Extracting things from JavaScript strings

You want to pull some information out of a JavaScript string and you have a pattern (regular expression, that is) to match against. Surprised that the String/RegExp combo API lacks a direct method, you comb the web for a solution. On StackOverflow you're invited to put a RegExp.exec() in a while loop. I'll show you a better if unorthodox way of doing it with String.replace.

(Ab)using String.replace

Let's start with the real-life-sounding, contrived scenario of wanting to extract all numbers from a JavaScript string.

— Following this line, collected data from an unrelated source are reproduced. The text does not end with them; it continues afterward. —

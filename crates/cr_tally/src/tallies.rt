//! The aggregates of a query, one beside another.

ghost use Rattle.std.specs.Prelude.{◌≡◌, [], List, map, IfOk};
ghost use Rattle.std.specs.List.{AllZip};
ghost use Rattle.std.specs.Option.{ForSome};
ghost use Rattle.cr_value.specs.declared.value.Value.{Value};
ghost use Rattle.cr_tally.specs.Tallies.{Step, TellAll, Worth};

use crate::show::Call;
use crate::tally::Tally;
use cr_expr::given::Hosted;
use cr_host::functions::Functions;
use cr_lattice::table::{Items, Row};
use cr_value::value::Value;
use std::alloc::{AllocError, Global};

/// What aggregates give of no rows; `None` where one is none that SQLite has, or an aggregate stands in an argument.
pub fn tallies_of<'q, F: Functions>(
    alloc: Global,
    functions: &F,
    calls: &[Call<'q>],
) -> Result<Option<Vec<Tally<'q>>>, AllocError>
    requires { F.is_faithful functions.now }
    ensures { IfOk result (λ o. ForSome o (λ v. (map (λ t. t.call) v.items ≡ calls.now) × ((params : List Value) → TellAll (⟦<F as Hosted>⟧.means functions.now) params [] v.items))) }
{
    let mut out = Vec::new(alloc);
    for call in calls {
        let Some(tally) = Tally::new(alloc, functions, *call)? else {
            return Ok(None);
        };
        out.push(tally)?;
    }
    Ok(Some(out))
}

/// Each with more rows behind those that were seen so far; `None` where one cannot be told so: an argument or an aggregate has a fault.
pub fn with_rows<'q, F: Functions>(
    alloc: Global,
    functions: &F,
    tallies: Vec<Tally<'q>>,
    rows: &[Row],
    params: &[Value],
) -> Result<Option<Vec<Tally<'q>>>, AllocError>
    requires { F.is_faithful functions.now }
    ensures { IfOk result (λ o. ForSome o (λ v. AllZip (Step (⟦<F as Hosted>⟧.means functions.now) params.now rows.now) tallies.entry.items v.items)) }
{
    let mut out = Vec::new(alloc);
    for tally in tallies {
        let Some(next) = tally.with(alloc, functions, rows, params)? else {
            return Ok(None);
        };
        out.push(next)?;
    }
    Ok(Some(out))
}

/// What each gives of the rows that were seen; `None` where that is over the limit of 1,000,000 bytes.
pub fn values_of(alloc: Global, tallies: Vec<Tally<'_>>) -> Result<Option<Row>, AllocError>
    ensures { IfOk result (λ o. ForSome o (λ row. AllZip Worth tallies.entry.items row)) }
{
    let mut values = Vec::new(alloc);
    for tally in tallies {
        let Some(value) = tally.into_value() else {
            return Ok(None);
        };
        values.push(value)?;
    }
    Ok(Some(Items::new(values)))
}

A simple pattern for matching all occurrences of numbers (specifically, decimal and floating point numbers) is:

/[+-]?\d+(\.\d+)?/g

(don't forget the g flag for Global)

The RegExp.exec way of doing it:

var str = "Some of the best numbers are 42, and, in particular 42.999.";
var number_regex = /[+-]?\d+(\.\d+)?/g;

var matches = [];

var match;
while ((match = number_regex.exec(str)) !== null) {
matches.push(match[0]);
}

console.log(matches);

// => ["42", "42.999"]

If instead we use String.replace we can write:

var str = "Some of the best numbers are 42, and, in particular 42.999.";
var number_regex = /[+-]?\d+(\.\d+)?/g;

var matches = [];
str.replace(number_regex, function(match) {
matches.push(match);
});

console.log(matches);

// => ["42", "42.999"]

In effect, we're hijacking String.replace to act as an iterator over the matches, rather than actually replacing anything in the String.

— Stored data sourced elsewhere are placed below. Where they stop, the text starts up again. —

//! What a query without GROUP BY evaluates over its one group, where what the aggregates give is shown.

ghost use Rattle.std.specs.Prelude.{[], map, IfOk};
ghost use Rattle.std.specs.Option.{ForSome};
ghost use Rattle.cr_exec.specs.Answers.{IsMeant};
ghost use Rattle.cr_exec.specs.Shows.{shown_of};
ghost use Rattle.cr_tally.specs.Showing.{ShowsAll, ShowsIfAny};
ghost use Rattle.cr_tally.specs.Over.{ShowsQuery, group_shows};

use crate::show::{Call, show};
use cr_exec::group::judge;
use cr_exec::select::{exprs_of_order, exprs_of_results};
use cr_exec::show::Shown;
use cr_exec::value::Scope;
use cr_expr::given::Hosted;
use cr_host::functions::Functions;
use cr_scalar::fault::EvalFault;
use cr_term::expr::Expr;
use cr_term::query::Query;
use cr_value::value::Value;
use cr_wanted::exprs::there_of;
use std::alloc::{AllocError, Global};

/// What a query evaluates over its one group.
#[derive(Drop)]
pub struct OverGroup {
    pub having: Option<Expr>,
    pub results: Vec<Expr>,
    /// The terms of ORDER BY.
    pub keys: Vec<Expr>,
}

// HAVING with its aggregates shown, which are put behind others.
fn shown_having<'q>(
    alloc: Global,
    having: &'q Option<Expr>,
    calls: &mut Vec<Call<'q>>,
) -> Result<Option<Expr>, AllocError>
    ensures { IfOk result (ShowsIfAny calls.old.items calls.new.items having.now) }
{
    match having {
        Some(expr) => {
            let shown = show(alloc, expr, calls)?;
            Ok(Some(shown))
        }
        None => Ok(None),
    }
}

// Expressions with their aggregates shown, which are put behind others.
fn shown_each<'q>(
    alloc: Global,
    exprs: &[&'q Expr],
    calls: &mut Vec<Call<'q>>,
) -> Result<Vec<Expr>, AllocError>
    ensures { IfOk result (λ v. ShowsAll calls.old.items calls.new.items (map (λ e. e.now) exprs.now) v.items) }
{
    let mut out = Vec::new(alloc);
    for expr in exprs {
        let shown = show(alloc, expr, calls)?;
        out.push(shown)?;
    }
    Ok(out)
}

/// What a query evaluates over its group, with its aggregates shown, which are put behind others.
///
/// # Errors
/// `AllocError` where memory runs out.
pub fn over_group<'q>(
    alloc: Global,
    query: &'q Query,
    calls: &mut Vec<Call<'q>>,
) -> Result<OverGroup, AllocError>
    ensures { IfOk result (ShowsQuery calls.old.items calls.new.items query.now) }
{
    let results = exprs_of_results(alloc, query.results.as_slice())?;
    let keys = exprs_of_order(alloc, query.order.as_slice())?;
    let having = shown_having(alloc, &query.having, calls)?;
    let results = shown_each(alloc, results.as_slice(), calls)?;
    let keys = shown_each(alloc, keys.as_slice(), calls)?;
    Ok(OverGroup {
        having,
        results,
        keys,
    })
}

/// What the group shows where its aggregates give these values, one row or, where HAVING isn't true, none; `None` where an expression
/// has a fault, or HAVING a value that is no number.
///
/// # Errors
/// `AllocError` where memory runs out.
pub fn shown_over<F: Functions>(
    alloc: Global,
    functions: &F,
    over: &OverGroup,
    values: &[Value],
    params: &[Value],
) -> Result<Option<Vec<Shown>>, AllocError>
    requires { F.is_faithful functions.now }
    ensures { IfOk result (λ o. ForSome o (λ v. IsMeant (⟦<F as Hosted>⟧.means functions.now) params.now (λ m. group_shows m over.now (record { shown = values.now; members = [] })) (map shown_of v.items))) }
{
    let results = there_of(alloc, over.results.as_slice())?;
    let keys = there_of(alloc, over.keys.as_slice())?;
    let having = &over.having;
    let scope = Scope::Group(values, &[]);
    let mut shown = Vec::new(alloc);
    match judge(
        alloc,
        &mut shown,
        having,
        results.as_slice(),
        keys.as_slice(),
        scope,
        functions,
        params,
    ) {
        Ok(()) => Ok(Some(shown)),
        Err(EvalFault::Memory) => Err(AllocError),
        Err(_) => Ok(None),
    }
}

This has a couple of advantages:

  1. you do away with the anxiety-inducing while loop because what can go wrong I'll tell you what can go wrong; use a regular expression literal in the while statement, instead of a regex saved in variable, and you'll get an infinite loop (courtesy of the lastIndex property):
while ((match = /[+-]?\d+(\.\d+)?/g.exec(str)) !== null) { FOREVERCODE }
  1. you get to have named parameters for your matches instead indexes in an array.

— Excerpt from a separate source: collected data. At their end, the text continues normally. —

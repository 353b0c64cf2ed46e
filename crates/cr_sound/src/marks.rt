//! Whether marks are such as a store holds.

ghost use Rattle.std.specs.Prelude.{◌≡◌, pos, ◌≤ℤ◌, Decides};
ghost use Rattle.std.specs.List.{AllByRecursion};
ghost use Rattle.std.specs.List.Sorted.{IsStrictlySortedBy};
ghost use Rattle.std.specs.Ordering.{is_lt};
ghost use Rattle.cr_cells.specs.Marks.{mark_cmp, AreMarks};

use cr_cells::marks::Mark;
use cr_value::order::cmp_bytes;

fn comes_before(mark: &Mark, next: &Mark) -> bool
    ensures { result ≡ is_lt (mark_cmp mark.now next.now) }
{
    cmp_bytes(&mark.0, &next.0).is_lt()
}

// Whether marks stand by their sites, one for each.
fn are_by_site(marks: &[Mark]) -> bool
    ensures { Decides result (IsStrictlySortedBy mark_cmp marks.now) }
{
    marks.is_sorted_by(|mark, next| comes_before(mark, next))
}

fn are_from_0(marks: &[Mark]) -> bool
    ensures { Decides result (AllByRecursion (λ m. pos 0 ≤ℤ m.1) marks.now) }
{
    marks.iter().all(|mark| mark.1 >= 0)
}

/// Whether marks stand by their sites, one for each, and none is below 0.
pub(crate) fn are_marks(marks: &[Mark]) -> bool
    ensures { Decides result (AreMarks marks.now) }
{
    are_by_site(marks) && are_from_0(marks)
}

Extracting parts of a pattern

Each group we create in a regular expression, using the (...) construct, will result in an additional parameter to our "replacer" function. Let's take another example.

Assume in an blog article you can add Wordpress-style shortcodes for embedding videos:

Top 10 videos this months:

1. [youtube:FyCsJAj69sc]
2. [vimeo:128373915]
...

A straightforward regular expression to match these shortcodes is:

/\[\w+:\w+\]/g

// match alphanumeric characters, followed by colon,
// followed by another set of alphanumeric characters
// all wrapped in square brackets

but we want to match the parts individually, so we put them in groups:

/\[(\w+):(\w+)\]/g

Our pattern-extraction function now receives two extra parameters, one for each group:

var str = "Top 10 videos this months: \
1. [youtube:FyCsJAj69sc] \
2. [vimeo:128373915]"
;
var shortcode_regex = /\[(\w+):(\w+)\]/g;

var matches = [];
str.replace(shortcode_regex, function(match, code, id) {
matches.push({
code: code,
id: id
});
});

console.log(matches);

For which we get:

[
{"code": "youtube", "id": "FyCsJAj69sc"},
{"code": "vimeo", "id": "128373915"}
]

Tip: Have a regex group that you don't want to show up in the matcher function? Use the non-capturing group syntax (?: ... ).


Now you know how to make pattern extraction more readable and less error-prone.